----- DATA SHOWN -----

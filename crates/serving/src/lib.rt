//! Serves lines from any reader to any writer, for any engine.
//!
//! The layer above rests on this: the bytes that `serve` writes are the replies to the items that it reads, however the reader
//! cuts the bytes. An item is a line, or an import line with its payload. They go to an `Output`, which flushes each of them and
//! counts failed calls: its fault is answered exactly where one has failed. Each command or question is one call of the engine,
//! and its reply is that call's answer. A power cut at any moment since a reply leaves the contents of the state after it, of a
//! later one, or of its commit in doubt, whole. `specs/Promises.antt` has all promises of a session, `specs/Answers.antt` what an
//! item is answered. What else answers items is a [`Responder`], as a store is that another program may be writing.
//!
//! ```
//! let mut output = CheckedWriter::new(writer);
//! serve(alloc, &mut reader, &mut output, &mut engine)?;  // Ok: end of input or `quit`, and all replies written
//! ```
#![tactic(auto)]

mod answering;
mod checked_writer;
mod output;
mod reading;
mod session;

pub use answering::Responder;
pub use checked_writer::CheckedWriter;
pub use output::{Output, OutputFault};
pub use reading::KeptItem;
pub use session::{ServeFault, serve, serve_items, serve_lines};
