//! Where replies are written.
ghost use Rattle.std.specs.Prelude.{◌<◌, ◌↔◌, IsTrue, length};
ghost use Rattle.serving.specs.Outputs.{Flushes, HasFailed, Puts, Stream, Writes};
ghost use Rattle.serving.specs.Writing.{WritesAll};

use lines::{Rest, Text};

/// A write failed or took no byte, or a flush failed.
#[derive(Clone, Copy, Debug, PartialEq, Eq)]
pub struct OutputFault;

/// A writer that records whether a call of it has failed.
///
/// Only the calls `write` and `flush` change that record. So if a contract says that a call has failed, a call was made
/// and failed. If it says that all bytes were flushed, a flush was made since the last write.
pub trait Output {
    /// The bytes written, the number of failed calls, and whether all bytes were flushed.
    ghost stream: { Self → Stream };

    /// Whether any write or flush so far has failed.
    fn has_failed(&self) -> bool
        ensures { IsTrue result ↔ HasFailed (stream self.now) };

    /// Writes a prefix of these bytes by one call, and answers its length: at least one.
    fn write(&mut self, bytes: &[u8]) -> Result<usize, OutputFault>
        requires { 0 < length bytes.now }
        ensures { Writes (stream self.old) (stream self.new) result bytes.now };

    /// Flushes the written bytes, by one call.
    fn flush(&mut self) -> Result<(), OutputFault>
        ensures { Flushes (stream self.old) (stream self.new) result };

    /// Writes a text and then flushes. Each is tried once.
    final fn put(&mut self, text: &[u8])
    where
        Self: Sized,
        ensures { Puts (stream self.old) (stream self.new) text.now }
    {
        let _ = write_all(self, text);
        let _ = self.flush();
    }

    /// Writes a reply as [`Output::put`] writes a text.
    final fn put_reply(&mut self, reply: &Text)
    where
        Self: Sized,
        ensures { Puts (stream self.old) (stream self.new) reply.now }
    {
        let _ = write_reply(self, reply);
        let _ = self.flush();
    }
}

/// Writes all the bytes. After a fault a prefix of them was written.
fn write_all<O: Output>(output: &mut O, bytes: &[u8]) -> Result<(), OutputFault>
    ensures { WritesAll (O.stream output.old) (O.stream output.new) result bytes.now }
{
    let mut at = 0;
    while at < bytes.len() {
        at += output.write(&bytes[at..])?;
    }
    Ok(())
}

/// Writes a reply. The head and the text of a list are written in parts, the bytes of a tile by a separate call.
fn write_reply<O: Output>(output: &mut O, reply: &Text) -> Result<(), OutputFault>
    ensures { WritesAll (O.stream output.old) (O.stream output.new) result reply.now }
{
    let (rest, bytes) = reply.parts();
    write_rest(output, rest)?;
    write_all(output, bytes)
}

/// Writes the rest of a text, each part once it is made.
fn write_rest<O: Output>(output: &mut O, mut rest: Rest<'_>) -> Result<(), OutputFault>
    ensures { WritesAll (O.stream output.old) (O.stream output.new) result rest.entry }
{
    while !rest.is_made() {
        let part = rest.next_part();
        write_all(output, part.as_slice())?;
    }
    Ok(())
}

-----

▸ **ASSIGNED TASK**: Extract from the records above the lines from the one containing "(stream self.new) reply.now" to the one containing "let (rest, bytes) = reply.parts();", both lines included, exactly as they appear and with nothing else.

▸ **EXERCISE RESPONSE**:
        ensures { Puts (stream self.old) (stream self.new) reply.now }
    {
        let _ = write_reply(self, reply);
        let _ = self.flush();
    }
}

/// Writes all the bytes. After a fault a prefix of them was written.
fn write_all<O: Output>(output: &mut O, bytes: &[u8]) -> Result<(), OutputFault>
    ensures { WritesAll (O.stream output.old) (O.stream output.new) result bytes.now }
{
    let mut at = 0;
    while at < bytes.len() {
        at += output.write(&bytes[at..])?;
    }
    Ok(())
}

/// Writes a reply. The head and the text of a list are written in parts, the bytes of a tile by a separate call.
fn write_reply<O: Output>(output: &mut O, reply: &Text) -> Result<(), OutputFault>
    ensures { WritesAll (O.stream output.old) (O.stream output.new) result reply.now }
{
    let (rest, bytes) = reply.parts();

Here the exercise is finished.